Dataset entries
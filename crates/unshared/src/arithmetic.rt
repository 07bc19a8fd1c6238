// Instructions on numbers, from the stack. ECMA-335, Partition III.
ghost use Rattle.std.specs.Prelude.{◌≡◌, IfOk};
ghost use Rattle.cil_meaning.specs.Arithmetic.{Narrow, Wide, divides_past, to_unsigned64, bit_of};
ghost use Rattle.unshared.specs.Forms.{the_kind, the_width, the_wrapping, the_checked, the_division, the_shift, the_unary, the_conversion, the_comparison, IsExtended};
ghost use Rattle.unshared.specs.Calculated.{width_of, is_width, one_word, two_words, two_numbers, number_at, wraps, checks, divides, shifts, turns, is_number, converted, converts, compares, compared};
ghost use Rattle.unshared.specs.Going.{did, goes_on, Keeps};
ghost use Rattle.unshared.specs.Silent.{Gives};

use crate::fault::Fault;
use crate::frames::{Done, Frames};
use crate::numbers::{
    Checked, Comparison, Conversion, Division, Shift, Unary, Width, Wrapping, are_compared,
    checked_of, divided, fits_int32, holds, kind_at, passes_least, shifted_by, turned, wrapping_of,
};
use crate::operands::as_word;
use crate::pause::{Halt, Pause};
use crate::value::{Kind, Value};
use crate::words::{low_32, narrow};

// The width of a number. An int32 stands sign-extended.
#[tactic(auto, unfolding(crate::specs::Calculated::width_of))]
fn at_width(kind: Kind, word: u64) -> Result<Width, Pause>
    ensures width { Gives the_width (width_of (the_kind kind) word) result }
    ensures extended { IfOk result (λ width. IsExtended width word) }
{
    match kind {
        Kind::Int32 => {
            if narrow(word) == word {
                Ok(Width::Narrow)
            } else {
                Err(Pause::Halts(Halt::Stuck))
            }
        }
        Kind::Int64 => Ok(Width::Wide),
        Kind::Native | Kind::Reference | Kind::Struct => Err(Pause::Halts(Halt::Stuck)),
    }
}

fn is_narrow(width: Width) -> bool
    ensures { result ≡ is_width (the_width width) Narrow }
{
    match width {
        Width::Narrow => true,
        Width::Wide => false,
    }
}

fn is_wide(width: Width) -> bool
    ensures { result ≡ is_width (the_width width) Wide }
{
    match width {
        Width::Narrow => false,
        Width::Wide => true,
    }
}

fn is_width(width: Width, other: Width) -> bool
    ensures { result ≡ is_width (the_width width) (the_width other) }
{
    match other {
        Width::Narrow => is_narrow(width),
        Width::Wide => is_wide(width),
    }
}

// The word on top.
#[tactic(auto, unfolding(crate::specs::Calculated::one_word))]
pub(crate) fn one_word(frames: &Frames) -> Result<(Kind, u64), Pause>
    ensures { Gives (λ r. (the_kind r.0, r.1)) (one_word frames.now) result }
{
    let value = frames.value(0)?;
    Ok(as_word(value)?)
}

// Two words with their kinds, the second of them on top.
#[tactic(auto, unfolding(crate::specs::Calculated::two_words))]
fn two_words(frames: &Frames) -> Result<(Kind, u64, Kind, u64), Pause>
    ensures { Gives (λ r. (the_kind r.0, r.1, the_kind r.2, r.3)) (two_words frames.now) result }
{
    let second = frames.value(0)?;
    let (second_kind, b) = as_word(second)?;
    let first = frames.value(1)?;
    let (first_kind, a) = as_word(first)?;
    Ok((first_kind, a, second_kind, b))
}

// Two numbers of one width, the second of them on top.
#[tactic(auto, unfolding(crate::specs::Calculated::two_numbers))]
fn two_numbers(frames: &Frames) -> Result<(Width, u64, u64), Pause>
    ensures numbers { Gives (λ r. (the_width r.0, r.1, r.2)) (two_numbers frames.now) result }
    ensures first { IfOk result (λ r. IsExtended r.0 r.1) }
    ensures second { IfOk result (λ r. IsExtended r.0 r.2) }
{
    let (first_kind, a, second_kind, b) = two_words(frames)?;
    let width = at_width(first_kind, a)?;
    let other = at_width(second_kind, b)?;
    if is_width(width, other) {
        Ok((width, a, b))
    } else {
        Err(Pause::Halts(Halt::Stuck))
    }
}

// A number in place of so many values.
fn number(frames: &mut Frames, taken: usize, width: Width, word: u64) -> Result<Done, Pause>
    ensures acts { Gives (did frames.new) (Ok (goes_on frames.old taken (number_at (the_width width) word))) result }
    ensures kept { Keeps result frames.old frames.new }
{
    Ok(frames.pushes(taken, Value::Word(kind_at(width), word))?)
}

/// Arithmetic that wraps.
#[tactic(auto, unfolding(crate::specs::Calculated::wraps))]
pub(crate) fn wraps(frames: &mut Frames, form: Wrapping) -> Result<Done, Pause>
    ensures acts { Gives (did frames.new) (wraps (the_wrapping form) frames.old) result }
    ensures kept { Keeps result frames.old frames.new }
{
    let (width, a, b) = two_numbers(frames)?;
    Ok(number(frames, 2, width, wrapping_of(form, width, a, b))?)
}

/// Arithmetic whose result has to fit.
#[tactic(auto, unfolding(crate::specs::Calculated::checks))]
pub(crate) fn checks(frames: &mut Frames, form: Checked, is_signed: bool) -> Result<Done, Pause>
    ensures acts { Gives (did frames.new) (checks (the_checked form is_signed) frames.old) result }
    ensures kept { Keeps result frames.old frames.new }
{
    let (width, a, b) = two_numbers(frames)?;
    match checked_of(form, is_signed, width, a, b) {
        Some(word) => Ok(number(frames, 2, width, word)?),
        None => Ok(Done::Throws(Fault::Overflow)),
    }
}

/// Division.
#[tactic(auto, unfolding(crate::specs::Calculated::divides))]
pub(crate) fn divides(frames: &mut Frames, form: Division, is_signed: bool) -> Result<Done, Pause>
    ensures acts { Gives (did frames.new) (divides (the_division form is_signed) frames.old) result }
    ensures kept { Keeps result frames.old frames.new }
{
    let (width, a, b) = two_numbers(frames)?;
    if b == 0 {
        return Ok(Done::Throws(Fault::DivideByZero));
    }
    if passes(form, is_signed, width, a, b) {
        return Ok(Done::Throws(Fault::Overflow));
    }
    Ok(number(frames, 2, width, divided(form, is_signed, width, a, b))?)
}

// Whether a division has no result of its width.
fn passes(form: Division, is_signed: bool, width: Width, a: u64, b: u64) -> bool
    ensures { result ≡ divides_past (the_division form is_signed) (the_width width) a b }
{
    match form {
        Division::Quotient => {
            if is_signed {
                passes_least(width, a, b)
            } else {
                false
            }
        }
        Division::Remainder => {
            if is_signed {
                passes_least(width, a, b)
            } else {
                false
            }
        }
    }
}

/// Shifts, whose count is an int32.
#[tactic(auto, unfolding(crate::specs::Calculated::shifts))]
pub(crate) fn shifts(frames: &mut Frames, form: Shift) -> Result<Done, Pause>
    ensures acts { Gives (did frames.new) (shifts (the_shift form) frames.old) result }
    ensures kept { Keeps result frames.old frames.new }
{
    let (first_kind, a, second_kind, b) = two_words(frames)?;
    let width = at_width(first_kind, a)?;
    let other = at_width(second_kind, b)?;
    if is_narrow(other) {
        Ok(number(frames, 2, width, shifted_by(form, width, a, b))?)
    } else {
        Err(Pause::Halts(Halt::Stuck))
    }
}

/// The negative or the complement of a number.
#[tactic(auto, unfolding(crate::specs::Calculated::turns))]
pub(crate) fn turns(frames: &mut Frames, form: Unary) -> Result<Done, Pause>
    ensures acts { Gives (did frames.new) (turns (the_unary form) frames.old) result }
    ensures kept { Keeps result frames.old frames.new }
{
    let (kind, word) = one_word(frames)?;
    let width = at_width(kind, word)?;
    Ok(number(frames, 1, width, turned(form, width, word))?)
}

// The word that `conv.u8` gives.
fn to_unsigned64(kind: Kind, word: u64) -> u64
    ensures { result ≡ to_unsigned64 (the_kind kind) word }
{
    match kind {
        Kind::Int32 => low_32(word),
        Kind::Int64 | Kind::Native | Kind::Reference | Kind::Struct => word,
    }
}

fn is_number(kind: Kind) -> bool
    ensures { result ≡ is_number (the_kind kind) }
{
    match kind {
        Kind::Int32 | Kind::Int64 | Kind::Native => true,
        Kind::Reference | Kind::Struct => false,
    }
}

// A number converted.
fn converted(frames: &mut Frames, form: Conversion, kind: Kind, word: u64) -> Result<Done, Pause>
    ensures acts { Gives (did frames.new) (Ok (converted (the_conversion form) frames.old (the_kind kind) word)) result }
    ensures kept { Keeps result frames.old frames.new }
{
    match form {
        Conversion::ToInt32 => Ok(frames.pushes(1, Value::int32(narrow(word)))?),
        Conversion::ToInt64 => Ok(frames.pushes(1, Value::Word(Kind::Int64, word))?),
        Conversion::ToUnsigned64 => {
            let word = to_unsigned64(kind, word);
            Ok(frames.pushes(1, Value::Word(Kind::Int64, word))?)
        }
        Conversion::ToInt32Checked => {
            if fits_int32(word) {
                Ok(frames.pushes(1, Value::int32(word))?)
            } else {
                Ok(Done::Throws(Fault::Overflow))
            }
        }
    }
}

/// Conversions.
#[tactic(auto, unfolding(crate::specs::Calculated::converts))]
pub(crate) fn converts(frames: &mut Frames, form: Conversion) -> Result<Done, Pause>
    ensures acts { Gives (did frames.new) (converts (the_conversion form) frames.old) result }
    ensures kept { Keeps result frames.old frames.new }
{
    let (kind, word) = one_word(frames)?;
    if is_number(kind) {
        Ok(converted(frames, form, kind, word)?)
    } else {
        Err(Pause::Halts(Halt::Stuck))
    }
}

/// What a comparison of the two values on top says.
#[tactic(auto, unfolding(crate::specs::Calculated::compares))]
pub(crate) fn compares(frames: &Frames, form: Comparison) -> Result<bool, Pause>
    ensures { Gives (λ is_so. is_so) (compares (the_comparison form) frames.now) result }
{
    let (first_kind, a, second_kind, b) = two_words(frames)?;
    if are_compared(form, first_kind, second_kind) {
        Ok(holds(form, a, b))
    } else {
        Err(Pause::Halts(Halt::Stuck))
    }
}

fn bit_of(is_so: bool) -> u64
    ensures { result ≡ bit_of is_so }
{
    if is_so { 1 } else { 0 }
}

/// A comparison that leaves an int32.
#[tactic(auto, unfolding(crate::specs::Calculated::compared))]
pub(crate) fn compared(frames: &mut Frames, form: Comparison) -> Result<Done, Pause>
    ensures acts { Gives (did frames.new) (compared (the_comparison form) frames.old) result }
    ensures kept { Keeps result frames.old frames.new }
{
    let is_so = compares(frames, form)?;
    Ok(frames.pushes(2, Value::int32(bit_of(is_so)))?)
}
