// Values as the words, references and pointers that instructions want.
ghost use Rattle.std.specs.Prelude.{◌≡◌};
ghost use Rattle.cil_meaning.specs.Values.{is_int32, is_int64, is_native, is_reference_word, is_struct, same_kind};
ghost use Rattle.unshared.specs.Forms.{the_kind, the_pointer, the_value};
ghost use Rattle.unshared.specs.Operands.{only, word_of, reference_of, word_in_kind, pointer_of, object_of};
ghost use Rattle.unshared.specs.Silent.{Gives};

use crate::pause::{Halt, Pause};
use crate::value::{Kind, Pointer, Value};

pub(crate) fn is_int32(kind: Kind) -> bool
    ensures { result ≡ is_int32 (the_kind kind) }
{
    match kind {
        Kind::Int32 => true,
        Kind::Int64 | Kind::Native | Kind::Reference | Kind::Struct => false,
    }
}

pub(crate) fn is_int64(kind: Kind) -> bool
    ensures { result ≡ is_int64 (the_kind kind) }
{
    match kind {
        Kind::Int64 => true,
        Kind::Int32 | Kind::Native | Kind::Reference | Kind::Struct => false,
    }
}

pub(crate) fn is_native(kind: Kind) -> bool
    ensures { result ≡ is_native (the_kind kind) }
{
    match kind {
        Kind::Native => true,
        Kind::Int32 | Kind::Int64 | Kind::Reference | Kind::Struct => false,
    }
}

pub(crate) fn is_reference_word(kind: Kind) -> bool
    ensures { result ≡ is_reference_word (the_kind kind) }
{
    match kind {
        Kind::Reference => true,
        Kind::Int32 | Kind::Int64 | Kind::Native | Kind::Struct => false,
    }
}

pub(crate) fn is_struct(kind: Kind) -> bool
    ensures { result ≡ is_struct (the_kind kind) }
{
    match kind {
        Kind::Struct => true,
        Kind::Int32 | Kind::Int64 | Kind::Native | Kind::Reference => false,
    }
}

pub(crate) fn same_kind(first: Kind, second: Kind) -> bool
    ensures { result ≡ same_kind (the_kind first) (the_kind second) }
{
    match first {
        Kind::Int32 => is_int32(second),
        Kind::Int64 => is_int64(second),
        Kind::Native => is_native(second),
        Kind::Reference => is_reference_word(second),
        Kind::Struct => is_struct(second),
    }
}

/// The one word of a list.
pub(crate) fn only(words: &[u64]) -> Result<u64, Pause>
    ensures { Gives (λ word. word) (only words.now) result }
{
    match words {
        [word] => Ok(*word),
        _ => Err(Pause::Halts(Halt::Stuck)),
    }
}

/// The one word of a value, with its kind.
#[tactic(auto, unfolding(crate::specs::Operands::word_of))]
pub(crate) fn as_word(value: &Value) -> Result<(Kind, u64), Pause>
    ensures { Gives (λ r. (the_kind r.0, r.1)) (word_of (the_value value.now)) result }
{
    match value {
        Value::Word(kind, word) => Ok((*kind, *word)),
        Value::Words(kind, words) => Ok((*kind, only(words.as_slice())?)),
        Value::Managed(_) => Err(Pause::Halts(Halt::Stuck)),
    }
}

/// The word of a reference.
#[tactic(auto, unfolding(crate::specs::Operands::reference_of))]
pub(crate) fn as_reference(value: &Value) -> Result<u64, Pause>
    ensures { Gives (λ word. word) (reference_of (the_value value.now)) result }
{
    let (kind, word) = as_word(value)?;
    if is_reference_word(kind) {
        Ok(word)
    } else {
        Err(Pause::Halts(Halt::Stuck))
    }
}

/// The pointer that a value is.
#[tactic(auto, unfolding(crate::specs::Operands::pointer_of))]
pub(crate) fn as_pointer(value: &Value) -> Result<Pointer, Pause>
    ensures { Gives the_pointer (pointer_of (the_value value.now)) result }
{
    match value {
        Value::Managed(pointer) => Ok(*pointer),
        Value::Word(_, _) | Value::Words(_, _) => Err(Pause::Halts(Halt::Stuck)),
    }
}

/// The word of a value of a kind.
#[tactic(auto, unfolding(crate::specs::Operands::word_in_kind))]
pub(crate) fn word_of_kind(kind: Kind, value: &Value) -> Result<u64, Pause>
    ensures { Gives (λ word. word) (word_in_kind (the_kind kind) (the_value value.now)) result }
{
    let (other, word) = as_word(value)?;
    if same_kind(kind, other) {
        Ok(word)
    } else {
        Err(Pause::Halts(Halt::Stuck))
    }
}

/// The number of an object that a reference refers to.
#[tactic(auto, unfolding(crate::specs::Operands::object_of))]
pub(crate) fn as_object(word: u64) -> Result<u32, Pause>
    ensures { Gives (λ object. object) (object_of word) result }
{
    match u32::try_from(word) {
        Ok(object) => Ok(object),
        Err(_) => Err(Pause::Halts(Halt::Stuck)),
    }
}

ACTIVITY: Would you count the lines in the data that contain "Forms" and answer with only the number?

RESULT FOR THIS EXERCISE: 2